WORK REQUIRED.
In the entries below, find the line containing "result ≡ alter_distance". Write out that line and all lines after it, exactly, and nothing else.

(Collected data)
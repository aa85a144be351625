// The room that an entry takes: spans, rises of labels and working periods, with no product that wraps.

#![tactic(auto)]

ghost use Rattle.std.specs.Prelude.{◌≡◌, ◌≤◌, pos, ◌≤ℤ◌};
ghost use Rattle.integers.specs.Capped.{capped_at};
ghost use Rattle.calendar.specs.Operation.Unary.{group};
ghost use Rattle.calendar.specs.Size as Size;
ghost use Rattle.sizes.specs.Stored.{turn_of, Stored, Alterable, most_coarse};
ghost use Rattle.sizes.specs.Altered.{alter_period, alter_distance};

// The period of a row, and how far its labels rise over it.
#[derive(Clone, Copy)]
pub struct Turn {
    pub period: u64,
    pub distance: u64,
}

// The span of two operands, where it is at most the room.
pub fn span(a: Turn, b: Turn, room: u64) -> Option<u64>
    ensures { result ≡ capped_at room (Size.span_of (turn_of a) (turn_of b)) }
{
    integers::capped_lcm(a.period, b.period, room)
}

// How far the labels of a rise over a span.
pub fn rise(a: Turn, span: u64) -> u64
    requires { Stored a }
    ensures { result ≡ Size.rise (turn_of a) span }
{
    a.distance * (span / a.period)
}

// The working period of group x, where it is at most the room.
pub fn group_period(a: Turn, x: u64, room: u64) -> Option<u64>
    requires { 1 ≤ x }
    ensures { result ≡ capped_at room (Size.period_unary (group x) (turn_of a)) }
{
    integers::capped_mul(a.period, x / integers::gcd(x, a.distance), room)
}

// After how many coarse granules alter repeats, and by how many fine ones: document 01's n and D.
#[derive(Clone, Copy)]
pub struct Altering {
    pub coarse: u64,
    pub fine: i64,
}

// n and D of altering b by a. With g = gcd(A, x), n/A is x/g and n/x is A/g.
pub fn altering_of(a: Turn, b: Turn, x: u64, z: i64, span: u64) -> Altering
    requires { Alterable a b x z span }
    ensures coarse { result.coarse ≡ Size.coarse (turn_of a) (turn_of b) x }
    ensures fine { result.fine ≡ Size.fine (turn_of a) (turn_of b) x z }
    ensures bound { result.coarse ≤ most_coarse }
{
    let coarse_rise = rise(b, span);
    let fine_rise = rise(a, span);
    let g = integers::gcd(coarse_rise, x);
    let spans = x / g;
    let changes = coarse_rise / g;
    Altering {
        coarse: changes * x,
        fine: (spans * fine_rise) as i64 + z * (changes as i64),
    }
}

// The working period of alter, where it is at most the room: Pa·(D/gcd(D, Na)).
pub fn alter_period(a: Turn, fine: i64, room: u64) -> Option<u64>
    requires stored { Stored a }
    requires pos_bound { pos 1 ≤ℤ fine }
    ensures { result ≡ capped_at room (alter_period (turn_of a) fine) }
{
    let d = fine as u64;
    integers::capped_mul(a.period, d / integers::gcd(d, a.distance), room)
}

// The distance that goes with it.
pub fn alter_distance(a: Turn, coarse: u64, fine: i64) -> u64
    requires stored { Stored a }
    requires pos_bound { pos 1 ≤ℤ fine }
    requires coarse_le_most_coarse { coarse ≤ most_coarse }
    ensures { result ≡ alter_distance (turn_of a) coarse fine }
{
    a.distance / integers::gcd(fine as u64, a.distance) * coarse
}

ANSWER FOR THIS EXERCISE.
    ensures { result ≡ alter_distance (turn_of a) coarse fine }
{
    a.distance / integers::gcd(fine as u64, a.distance) * coarse
}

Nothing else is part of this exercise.